What you have to do:
Using the material that follows, identify and copy each line with the string "ListClock".

Data records:
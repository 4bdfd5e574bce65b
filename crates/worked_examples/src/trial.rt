//! Runs of the program, and what comes of them.
ghost use Rattle.std.specs.Prelude.{◌≤◌};

use crate::stores::{Store, keeper_of, path_of};
use example_sessions::{Came, Run};
use lei_keeper::{KeepFault, Keeper};
use lei_outside::Sink;
use lei_values::{Bytes, List, NoMemory};
use leireg_run::run;
use memory_devices::{ByteSink, ByteSource, ListClock, MapKeeper, SureSource};
use std::alloc::Global;
use std::thread::Threads;

/// A kind of call that may fail.
#[derive(Clone, Copy, PartialEq, Eq)]
pub enum Call {
    /// A read of the input.
    Read,
    /// A write.
    Write,
}

/// A call that fails in addition to those that a run names, by its number.
#[derive(Clone, Copy)]
pub struct Failing {
    pub call: Call,
    pub number: u64,
}

// What a run is made with, beside its keeper.
#[derive(Drop)]
struct Devices {
    source: ByteSource,
    second: SureSource,
    sink: ByteSink,
    clock: ListClock,
}

impl Devices {
    // Those of a run, with at most so many bytes a read and a write.
    fn of(
        alloc: Global,
        wanted: &Run,
        most: usize,
        failing: Option<Failing>,
    ) -> Result<Self, NoMemory>
        requires { 1 ≤ most }
    {
        let sent = Bytes::copy_of(alloc, wanted.sent())?;
        let second = Bytes::copy_of(alloc, wanted.second())?;
        let reads = numbers_with(alloc, wanted.failing_reads(), Call::Read, failing)?;
        let writes = numbers_with(alloc, wanted.failing_writes(), Call::Write, failing)?;
        let clock = wanted.clock(alloc)?;
        Ok(Devices {
            source: ByteSource::new(sent, most, reads),
            second: SureSource::new(second, most),
            sink: ByteSink::new(alloc, most, writes),
            clock,
        })
    }

    // Makes the run over a keeper. Says its status, and gives the keeper back.
    fn run<R: Threads + Sync, K: Keeper>(
        &mut self,
        rt: &R,
        alloc: Global,
        wanted: &Run,
        keeper: K,
    ) -> (u8, K) {
        run(
            rt,
            alloc,
            wanted.words(),
            &mut self.source,
            &mut self.second,
            &mut self.sink,
            keeper,
            &mut self.clock,
        )
    }

    fn result_with_status(&self, alloc: Global, status: u8) -> Result<Came, NoMemory> {
        Ok(Came {
            written: Bytes::copy_of(alloc, self.sink.written())?,
            status,
        })
    }
}

// These numbers, and the one of the further call if it is of this kind.
fn numbers_with(
    alloc: Global,
    numbers: &[u64],
    call: Call,
    failing: Option<Failing>,
) -> Result<List<u64>, NoMemory> {
    let mut numbers = numbers.to_vec(alloc)?;
    match failing {
        Some(failing) if failing.call == call => numbers.push(failing.number)?,
        _ => {}
    }
    Ok(List::from(numbers))
}

// Makes a run over a keeper in memory that has what these stores leave to it. Returns what came of it, and the keeper.
fn run_over<R: Threads + Sync>(
    rt: &R,
    alloc: Global,
    wanted: &Run,
    most: usize,
    stores: &[Store],
    failing: Option<Failing>,
) -> Result<(Came, MapKeeper), KeepFault>
    requires { 1 ≤ most }
{
    let mut devices = Devices::of(alloc, wanted, most, failing)?;
    let keeper = keeper_of(alloc, stores, wanted)?;
    let (status, keeper) = devices.run(rt, alloc, wanted, keeper);
    let came = devices.result_with_status(alloc, status)?;
    Ok((came, keeper))
}

/// Makes a run over a keeper in memory. What it leaves at the path of its store is put after these stores.
pub fn run_in_memory<R: Threads + Sync>(
    rt: &R,
    alloc: Global,
    wanted: &Run,
    most: usize,
    stores: &mut Vec<Store>,
) -> Result<Came, KeepFault>
    requires { 1 ≤ most }
{
    let (came, mut keeper) = run_over(rt, alloc, wanted, most, stores.as_slice(), None)?;
    if let Some(path) = path_of(alloc, wanted) {
        stores.push(Store::of(alloc, path, &mut keeper)?)?;
    }
    Ok(came)
}

/// Makes a run over a keeper in memory in which one more call fails. What it leaves is dropped.
pub fn run_with_fault<R: Threads + Sync>(
    rt: &R,
    alloc: Global,
    wanted: &Run,
    most: usize,
    stores: &[Store],
    failing: Failing,
) -> Result<Came, KeepFault>
    requires { 1 ≤ most }
{
    let (came, _) = run_over(rt, alloc, wanted, most, stores, Some(failing))?;
    Ok(came)
}
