//! Stores in memory, which the runs of a session leave to later ones.
use example_sessions::{CellChange, CellName, Change, EntryChange, Run};
use lei_keeper::{KeepFault, Keeper};
use lei_values::{Bytes, KeptCell, KeptEntry, List, NoMemory, Shared, Text};
use memory_devices::{MapKeeper, may_be_kept};
use program_words::wanted_run;
use std::alloc::Global;

/// What a run left at the path of its store.
#[derive(Drop)]
pub struct Store {
    path: Text,
    entries: List<KeptEntry>,
    cells: List<KeptCell>,
}

impl Store {
    /// What a keeper has, which was the store at this path.
    pub fn of(alloc: Global, path: &str, keeper: &mut MapKeeper) -> Result<Self, KeepFault> {
        Ok(Store {
            path: Text::copy_of(alloc, path)?,
            entries: keeper.entries(0, u64::MAX)?,
            cells: keeper.cells(0, u64::MAX)?,
        })
    }
}

/// The path of the store that the words of a run name, if they name one.
pub fn path_of<'a>(alloc: Global, run: &'a Run) -> Option<&'a str> {
    match wanted_run(alloc, run.words()) {
        Ok(wanted) => wanted.store,
        Err(_) => None,
    }
}

/// The keeper of a run: what the last run with its path left among these, with what is changed of it, or nothing.
pub fn keeper_of(alloc: Global, stores: &[Store], run: &Run) -> Result<MapKeeper, KeepFault> {
    let store = store_of(alloc, stores, run);
    let entries = entries_with(alloc, entries_in(store), run.changes())?;
    let cells = cells_with(alloc, cells_in(store), run.changes())?;
    if !may_be_kept(entries.as_slice(), cells.as_slice()) {
        return Err(KeepFault::Failed);
    }
    Ok(run.keeper(alloc, entries, cells)?)
}

fn store_of<'a>(alloc: Global, stores: &'a [Store], run: &Run) -> Option<&'a Store> {
    let path = path_of(alloc, run)?;
    stores
        .iter()
        .rev()
        .find(|store| store.path.as_str() == path)
}

fn entries_in<'a>(store: Option<&'a Store>) -> &'a [KeptEntry] {
    match store {
        Some(store) => store.entries.as_slice(),
        None => &[],
    }
}

fn cells_in<'a>(store: Option<&'a Store>) -> &'a [KeptCell] {
    match store {
        Some(store) => store.cells.as_slice(),
        None => &[],
    }
}

// ---- entries

fn entries_with(
    alloc: Global,
    entries: &[KeptEntry],
    changes: &[Change],
) -> Result<List<KeptEntry>, NoMemory> {
    let mut list = Vec::new(alloc);
    for entry in entries {
        if let Some(entry) = entry_with(alloc, entry.copy(alloc)?, changes)? {
            list.push(entry)?;
        }
    }
    Ok(List::from(list))
}

// An entry after these changes, if it isn't removed.
fn entry_with(
    alloc: Global,
    mut entry: KeptEntry,
    changes: &[Change],
) -> Result<Option<KeptEntry>, NoMemory> {
    for change in changes {
        match change {
            Change::Entry(seq, EntryChange::Gone) if *seq == entry.seq => return Ok(None),
            Change::Entry(seq, change) if *seq == entry.seq => {
                change_entry(alloc, &mut entry, change)?;
            }
            _ => {}
        }
    }
    Ok(Some(entry))
}

fn change_entry(
    alloc: Global,
    entry: &mut KeptEntry,
    change: &EntryChange,
) -> Result<(), NoMemory> {
    match change {
        EntryChange::Gone => {}
        EntryChange::Answer(answer) => entry.answer = Bytes::copy_of(alloc, answer.as_slice())?,
        EntryChange::Number(number) => entry.number = *number,
        EntryChange::Moment(moment) => entry.moment = *moment,
        EntryChange::Rules(rules) => entry.rules = *rules,
    }
    Ok(())
}

// ---- cells

// The cells after these changes. A cell that is touched and isn't among them is added without a row.
fn cells_with(
    alloc: Global,
    cells: &[KeptCell],
    changes: &[Change],
) -> Result<List<KeptCell>, NoMemory> {
    let mut list = Vec::new(alloc);
    for cell in cells {
        if let Some(cell) = cell_with(alloc, cell.copy(alloc)?, changes)? {
            list.push(cell)?;
        }
    }
    for change in changes {
        if let Some(cell) = added_cell(alloc, cells, change)? {
            list.push(cell)?;
        }
    }
    Ok(List::from(list))
}

// A cell after these changes, if it isn't removed.
fn cell_with(
    alloc: Global,
    mut cell: KeptCell,
    changes: &[Change],
) -> Result<Option<KeptCell>, NoMemory> {
    for change in changes {
        match change {
            Change::Cell(name, CellChange::Gone) if is_named(&cell, name) => return Ok(None),
            Change::Cell(name, CellChange::Touched(touched)) if is_named(&cell, name) => {
                cell.touched = *touched;
            }
            Change::Cell(name, CellChange::Row(row)) if is_named(&cell, name) => {
                cell.row = row_copy(alloc, row)?;
            }
            _ => {}
        }
    }
    Ok(Some(cell))
}

fn row_copy(alloc: Global, row: &Option<Shared>) -> Result<Option<Shared>, NoMemory> {
    match row {
        Some(row) => Ok(Some(Shared::copy_of(alloc, row.as_slice())?)),
        None => Ok(None),
    }
}

fn added_cell(
    alloc: Global,
    cells: &[KeptCell],
    change: &Change,
) -> Result<Option<KeptCell>, NoMemory> {
    match change {
        Change::Cell(name, CellChange::Touched(touched))
            if !cells.iter().any(|cell| is_named(cell, name)) => {
            Ok(Some(KeptCell {
                kind: name.kind,
                name: Bytes::copy_of(alloc, name.name.as_slice())?,
                touched: *touched,
                row: None,
            }))
        }
        _ => Ok(None),
    }
}

fn is_named(cell: &KeptCell, name: &CellName) -> bool {
    cell.kind == name.kind && cell.name.as_slice() == name.name.as_slice()
}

Task output:
use memory_devices::{ByteSink, ByteSource, ListClock, MapKeeper, SureSource};
    clock: ListClock,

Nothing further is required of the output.